The Gemini API allows you to supply a schema to define function arguments (for [function calling](https://github.com/google-gemini/cookbook/blob/main/quickstarts/Function_calling.ipynb)), or to constrain its output in [JSON](https://github.com/google-gemini/cookbook/blob/main/quickstarts/JSON_mode.ipynb) or using an Enum. This tutorial gives some examples using enums.

More details about this SDK on the [documentation](https://ai.google.dev/gemini-api/docs/sdks).

## Setup
### Install SDK and set-up the client

### API Key Configuration

To ensure security, avoid hardcoding the API key in frontend code. Instead, set it as an environment variable on the server or local machine.
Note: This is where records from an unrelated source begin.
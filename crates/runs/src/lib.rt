// One run: planner, placement, routing, and the follower on every link to a neighbour.
#![tactic(auto)]

ghost use Rattle.std.specs.Prelude.{◌≡◌, ◌≤◌, ◌<◌, length, get_or};
ghost use Rattle.track.specs.Ports.{wafer};
ghost use Rattle.repair.specs.Operations.{places_after, across_after, down_after, is_repaired};
ghost use Rattle.repair.specs.declared.Planner.TheVariants.{Trials, Quick, Exact};
ghost use Rattle.repair.specs.declared.Answer.TheVariants.{Planned, Decided};
ghost use Rattle.runs.specs.Run.{given, has_neighbour, neighbour_of, arrives_at, reached, links_reached, all_reached, links_found, RanAs};
ghost use Rattle.runs.specs.Inner.{Accepts, Laid};

mod placed;

use array::{Map, Shape};
use exact::Decision;
use follower::Wafer;
use placed::PlacedWafer;
use plans::DirectedMap;
use repair::{Answer, Planner};
use track::Followed;
use trials::Outcome;

// What a run answers: the refusal of its tests or the planner's answer, and how many links to a neighbour the follower found to reach it.
#[derive(Clone, Copy)]
pub struct Ran {
    pub answer: Answer,
    pub links: usize,
}

// repair_run, run_quickly and run_exactly are for callers; the other functions are inner parts.

fn is_repaired(answer: Answer) -> bool
    ensures { result ≡ is_repaired answer }
{
    matches!(
        answer,
        Answer::Planned(Outcome::Repaired(_)) | Answer::Decided(Decision::Repaired)
    )
}

// Whether p is a cell with a neighbour on a side.
fn has_neighbour(shape: Shape, side: usize, p: usize) -> bool
    ensures { result ≡ has_neighbour shape.rows shape.columns side p }
{
    if side == 0 {
        shape.is_inner(p) & (p % 32 < shape.columns)
    } else {
        shape.is_inner(p) & (p / 32 < shape.rows)
    }
}

// The position of the right (side 0) or lower neighbour's cell.
fn neighbour(side: usize, p: usize) -> usize
    requires { p < 1024 }
    ensures { result ≡ neighbour_of side p }
{
    if side == 0 { p + 1 } else { p + 32 }
}

// Whether the follower's answer is that the link enters at q, by the port of its side (W or N), over at most three switches.
fn arrives(q: usize, side: usize, f: Followed) -> bool
    requires { side < 2 }
    ensures { result ≡ arrives_at q side f }
{
    match f {
        Ok(l) => ((l.position == q) & (l.port as usize == 2 * side)) & (l.switches <= 3),
        Err(_) => false,
    }
}

// After `repaired`, where placement and routing would accept: writes both, and returns how many links are then found to reach their
// neighbour.
fn complete(
    map: &Map,
    directions: &[u8; 1024],
    places: &mut [u16; 1024],
    across: &mut [u8; 1024],
    down: &mut [u8; 1024],
) -> usize
    requires { Accepts map.now.shape.rows map.now.shape.columns map.now.grid.now directions.now places.old across.old down.old }
    ensures links { result ≡ links_found map.now.shape.rows map.now.shape.columns map.now.grid.now directions.now places.old across.old down.old }
    ensures places { places.new ≡ places_after map.now.shape.rows map.now.shape.columns map.now.grid.now directions.now places.old }
    ensures across { across.new ≡ across_after map.now.shape.rows map.now.shape.columns map.now.grid.now directions.now across.old down.old }
    ensures down { down.new ≡ down_after map.now.shape.rows map.now.shape.columns map.now.grid.now directions.now across.old down.old }
{
    let plan = DirectedMap {
        map: *map,
        directions,
    };
    routing::place(&plan, places);
    routing::route(&plan, across, down);
    let wafer = Wafer { plan, across, down };
    PlacedWafer { wafer, places }.count_all()
}

// One run with a planner.
pub fn run_by(
    planner: Planner,
    n: usize,
    m: usize,
    grid: &[u8],
    limit: u32,
    directions: &mut [u8],
    places: &mut [u16],
    across: &mut [u8],
    down: &mut [u8],
) -> Ran
    ensures { RanAs
        (given planner n m grid.now limit
        directions.old places.old across.old down.old)
        result directions.new places.new across.new down.new }
{
    let right = (grid.len() == 1024)
        & ((directions.len() == 1024)
            & ((places.len() == 1024) & ((across.len() == 1024) & (down.len() == 1024))));
    let map = match array::check_map(n, m, right, grid) {
        Ok(map) => map,
        Err(refusal) => {
            return Ran {
                answer: Answer::Refused(refusal),
                links: 0,
            };
        }
    };
    let directions: &mut [u8; 1024] = directions.as_mut_array().unwrap();
    let answer = repair::find_by(planner, &map, directions, limit);
    if !is_repaired(answer) {
        return Ran { answer, links: 0 };
    }
    let links = complete(
        &map,
        directions,
        places.as_mut_array().unwrap(),
        across.as_mut_array().unwrap(),
        down.as_mut_array().unwrap(),
    );
    Ran { answer, links }
}

// One run: the plan, and after `repaired` the placement, the switches and every link to a neighbour followed. After beyond
// repair and spent, `places`, `across` and `down` stay as they were lent.
pub fn repair_run(
    n: usize,
    m: usize,
    grid: &[u8],
    limit: u32,
    directions: &mut [u8],
    places: &mut [u16],
    across: &mut [u8],
    down: &mut [u8],
) -> Ran
    ensures { RanAs
        (given Trials n m grid.now limit
        directions.old places.old across.old down.old)
        result directions.new places.new across.new down.new }
{
    run_by(
        Planner::Trials,
        n,
        m,
        grid,
        limit,
        directions,
        places,
        across,
        down,
    )
}

// The same with the quick planner.
pub fn run_quickly(
    n: usize,
    m: usize,
    grid: &[u8],
    limit: u32,
    directions: &mut [u8],
    places: &mut [u16],
    across: &mut [u8],
    down: &mut [u8],
) -> Ran
    ensures { RanAs
        (given Quick n m grid.now limit
        directions.old places.old across.old down.old)
        result directions.new places.new across.new down.new }
{
    run_by(
        Planner::Quick,
        n,
        m,
        grid,
        limit,
        directions,
        places,
        across,
        down,
    )
}

// The same with the exact planner, which is given no limit.
pub fn run_exactly(
    n: usize,
    m: usize,
    grid: &[u8],
    directions: &mut [u8],
    places: &mut [u16],
    across: &mut [u8],
    down: &mut [u8],
) -> Ran
    ensures { RanAs
        (given Exact n m grid.now 0
        directions.old places.old across.old down.old)
        result directions.new places.new across.new down.new }
{
    run_by(
        Planner::Exact,
        n,
        m,
        grid,
        0,
        directions,
        places,
        across,
        down,
    )
}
When using the Gemini API client libraries, the key will be automatically detected if set as either `GEMINI_API_KEY` or `GOOGLE_API_KEY`. If both are set, `GOOGLE_API_KEY` takes precedence.

For instructions on setting environment variables across different operating systems, refer to the official documentation: [Set API Key as Environment Variable](https://ai.google.dev/gemini-api/docs/api-key#set-api-env-var)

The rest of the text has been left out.